If you’re pregnant and want to listen to your baby’s heartbeat with doppler ultrasound, then follow these tips on how to listen and share the small, miraculous heartbeat.

Doppler Utrasound

Listen to your Unborn Baby with Doppler Ultrasound

As cold and detached as some people may claim technology to be, sometimes even metal and plastic can bring you closer to someone you never could have known before. We’re talking about doppler ultrasound, which lets pregnant mothers start bonding with their baby as early as eight weeks into pregnancy. By listening to the baby’s heartbeat, you can experience your baby’s development and have peace of mind even before you can hold him.

Since the late 1950s, doctors and hospitals have used visual ultrasound to detect and measure unborn babies for health risks and to monitor growth. More recently, ultrasound technology has become available to everyone, in the form of a fetal doppler ultrasound. You can check up on your baby from the comfort of your own home, listening to your baby’s heartbeat, and letting others listen as well. Many people enjoy using a fetal doppler ultrasound for reassurance of the baby’s safety, and to appreciate the new, unborn life.
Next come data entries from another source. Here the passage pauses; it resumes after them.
ghost use Rattle.std.specs.Prelude.{◌≡◌, ◌≤◌, ◌++◌, List, fold, length, map, IfOk, OnOk, OnErr};
ghost use Rattle.cal_ql.specs.declared.query.Query.{Query as AQuery};
ghost use Rattle.cal_value.specs.declared.record.Rec.{Rec as ARecord};
ghost use Rattle.cal_keys.specs.Groups.{groups_of};
ghost use Rattle.cal_engine.specs.Rows.{row_of as row_by};
ghost use Rattle.cal_engine.specs.Folding.{groups_over, no_groups, Gathers};
ghost use Rattle.cal_parts.specs.PartLists.{put_parts};
ghost use Rattle.std.specs.Option.{option_copied};
ghost use Rattle.cal_parts.specs.Parts.{behind, merged_parts as merged_by_place};

use crate::finishing::group_rows;
use cal_context::Interner;
use cal_parts::{Part, PartTable};
use cal_ql::Query;
use cal_value::{OutOfMemory, Rec, Seq, TryCopy};
use std::alloc::Global;
use std::marker::Model;
use std::mem;

/// Groups by numbers, in first-seen order, and what is kept of the records of each.
#[derive(Drop)]
pub(crate) struct Groups {
    keys: Interner<Rec>,
    parts: Vec<Seq<Part>>,
}

impl Model for Groups {
    ghost use Rattle.std.specs.Prelude.{◌≡◌, length};
    ghost use Rattle.cal_engine.specs.Folding.{Grouped};

    ghost Value = { Grouped };

    ghost view = { λ s. record { keys = s.keys; parts = s.parts.items } };

    ghost invariant = { λ s. length s.parts.items ≡ length s.keys };
}

impl Groups {
    /// No group. It takes no memory.
    pub fn new(alloc: Global) -> Groups
        ensures { result ≡ no_groups }
    {
        Groups {
            keys: Interner::new(alloc),
            parts: Vec::new(alloc),
        }
    }

    #[tactic(auto, using(crate::proofs::Gathering::of_gathering))]
    /// Puts what is kept of some records to their group, behind what is there.
    pub fn gather(&mut self, alloc: Global, key: Rec, fresh: Seq<Part>) -> Result<(), OutOfMemory>
        ensures ok { OnOk result (Gathers self.old key fresh self.new) }
        ensures err { OnErr result (self.new ≡ self.old) }
    {
        let count = self.keys.as_slice().len();
        let number = self.keys.intern(key)? as usize;
        let put = put(alloc, &mut self.parts, number, fresh);
        if put.is_err() {
            self.keys.truncate(count);
        }
        put
    }
    /// Puts what is kept of the records of other groups behind, in the order of those groups.
    pub fn gather_all(&mut self, alloc: Global, other: &Groups) -> Result<(), OutOfMemory>
        ensures { OnOk result ((q : AQuery) (rs ss : List ARecord) → self.old ≡ groups_over q rs
            → other.now ≡ groups_over q ss → self.new ≡ groups_over q (rs ++ ss)) }
    {
        for (number, key) in other.keys.as_slice().iter().enumerate() {
            let parts = other.parts[number].copy(alloc)?;
            self.gather(alloc, key.copy(alloc)?, parts)?;
        }
        Ok(())
    }

    /// The groups of two folds, taken together.
    pub fn merged(alloc: Global, one: &Groups, other: &Groups) -> Result<Groups, OutOfMemory>
        ensures { IfOk result (λ merged. (q : AQuery) (rs ss : List ARecord)
            → one.now ≡ groups_over q rs → other.now ≡ groups_over q ss
            → merged ≡ groups_over q (rs ++ ss)) }
    {
        let mut merged = Groups::new(alloc);
        merged.gather_all(alloc, one)?;
        merged.gather_all(alloc, other)?;
        Ok(merged)
    }

    /// The rows of the groups.
    pub fn rows(&self, alloc: Global, query: &Query) -> Result<Seq<Rec>, OutOfMemory>
        ensures { IfOk result (λ rows. (rs : List ARecord) → self.now ≡ groups_over query.now rs
            → rows ≡ map (row_by query.now rs) (groups_of query.now.group rs)) }
    {
        let keys = copies(alloc, self.keys.as_slice())?;
        group_rows(alloc, query, keys, &self.parts)
    }
}

fn copies(alloc: Global, keys: &[Rec]) -> Result<Vec<Rec>, OutOfMemory>
    ensures { IfOk result (λ copies. copies.items ≡ keys.now) }
{
    let mut copies = Vec::with_capacity(alloc, keys.len())?;
    for key in keys {
        copies.push(key.copy(alloc)?)?;
    }
    Ok(copies)
}

/// Parts taken together.
pub(crate) fn total(
    alloc: Global,
    parts: &PartTable,
    none: &Seq<Part>,
) -> Result<Seq<Part>, OutOfMemory>
    ensures { IfOk result (λ total. total ≡ fold merged_by_place none.now parts.now) }
{
    let mut total = none.copy(alloc)?;
    for number in 0..parts.count() {
        let own = parts.at(alloc, number)?;
        merge_into(alloc, &mut total, &own)?;
    }
    Ok(total)
}

/// Puts parts behind those of a number, or at the end.
#[tactic(auto, using(crate::proofs::Gathering::of_putting))]
pub(crate) fn put(
    alloc: Global,
    parts: &mut Vec<Seq<Part>>,
    number: usize,
    fresh: Seq<Part>,
) -> Result<(), OutOfMemory>
    requires { number ≤ length parts.old.items }
    ensures ok { OnOk result (parts.new.items ≡ put_parts parts.old.items number fresh) }
    ensures err { OnErr result (parts.new.items ≡ parts.old.items) }
{
    if number < parts.len() {
        let merged = merged_parts(alloc, &parts[number], &fresh)?;
        parts[number] = merged;
    } else {
        parts.push(fresh)?;
    }
    Ok(())
}

/// Merges parts into others place by place, where these are. What is left of them after an `Err`
/// isn't promised.
pub(crate) fn merge_into(
    alloc: Global,
    parts: &mut Seq<Part>,
    fresh: &[Part],
) -> Result<(), OutOfMemory>
    ensures { OnOk result (parts.new ≡ merged_by_place parts.old fresh.now) }
{
    let mut merged = mem::replace(parts, Seq::new(alloc)).into_vec();
    // no place beyond the others stays
    merged.truncate(fresh.len());
    merge_all(&mut merged, fresh)?;
    *parts = Seq::from_vec(merged);
    Ok(())
}

fn merge_all(parts: &mut Vec<Part>, fresh: &[Part]) -> Result<(), OutOfMemory>
    requires { length parts.old.items ≤ length fresh.now }
    ensures { OnOk result (parts.new.items ≡ merged_by_place parts.old.items fresh.now) }
{
    for (place, part) in fresh.iter().enumerate() {
        if place < parts.len() {
            parts[place].merge(part)?;
        } else {
            parts.push(part.twin())?;
        }
    }
    Ok(())
}

/// Parts merged place by place.
pub(crate) fn merged_parts(
    alloc: Global,
    parts: &Seq<Part>,
    fresh: &Seq<Part>,
) -> Result<Seq<Part>, OutOfMemory>
    ensures { IfOk result (λ merged. merged ≡ merged_by_place parts.now fresh.now) }
{
    let mut merged = Vec::with_capacity(alloc, fresh.len())?;
    for (place, part) in fresh.as_slice().iter().enumerate() {
        merged.push(merged_part(parts.get(place), part)?)?;
    }
    Ok(Seq::from_vec(merged))
}

/// A part behind another, if there is one.
fn merged_part(part: Option<&Part>, fresh: &Part) -> Result<Part, OutOfMemory>
    ensures { IfOk result (λ merged. merged ≡ behind (option_copied part.entry) fresh.now) }
{
    match part {
        None => Ok(fresh.twin()),
        Some(part) => {
            let mut merged = part.twin();
            merged.merge(fresh)?;
            Ok(merged)
        }
    }
}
If you’re wondering how a fetal doppler works, then you might think it has something to do with the Doppler Effect – which it does. The ultrasound sends out high-frequency sound pulses through your stomach using a probe, and the pulses have different frequencies, depending on how far they travel. Motion causes a change in the frequency of the pulses, and the ultrasound detects this change, known as the Doppler Effect. The ultrasound sends and receives millions of pulses and echoes each second, and interprets the different intensities. The Doppler Effect allows you to hear this frequency change, which comes from your baby’s heartbeat.

If you want to get a doppler ultrasound for your baby, you have the choice of either buying or renting the device. With some companies, your rental payments will apply toward buying the ultrasound, if you consider it a good investment. Depending on the quality of the ultrasound, you may pay between $20 and $50 per month in rent. Usually, you pay one month’s rent at a time, so you’re not stuck with the device if you find you don’t want it for that long. Buying an ultrasound might cost around $400-$500 or more.

In addition to listening to your baby’s heartbeat, on some doppler ultrasounds, you can also record, save, and e-mail the heartbeat to your friends and family — now that’s something most people won’t expect to find in their inbox. If you’re musically inclined and record music on a computer, you might even figure out a way to use the sound as a syncopated drumbeat behind your melody. Just think – your child could be on the billboard before she’s even born.

For most people, however, listening to their baby’s heartbeat gives more than enough satisfaction in itself. You can also rest assured because the FDA has approved in-home ultrasounds, and doctors use the same technology in hospitals, too. When you receive your ultrasound, you may want to bring it to your doctor when you go for a check-up, and he or she can give you some tips on how to place it most effectively on your stomach so you can locate the heartbeat more easily.

The baby will have a faster heartbeat (120-180 beats per minute) than your own, so you can usually distinguish between the two. The heartbeat can also change frequently at different times of day — this is normal. Sometimes you can’t hear the heartbeat if the baby has gotten into a different position, or if the baby is very active. Other times, you can pick up the heartbeat in two different places. You will know if you’re carrying twins, however, because the heartbeats will have two different pulses.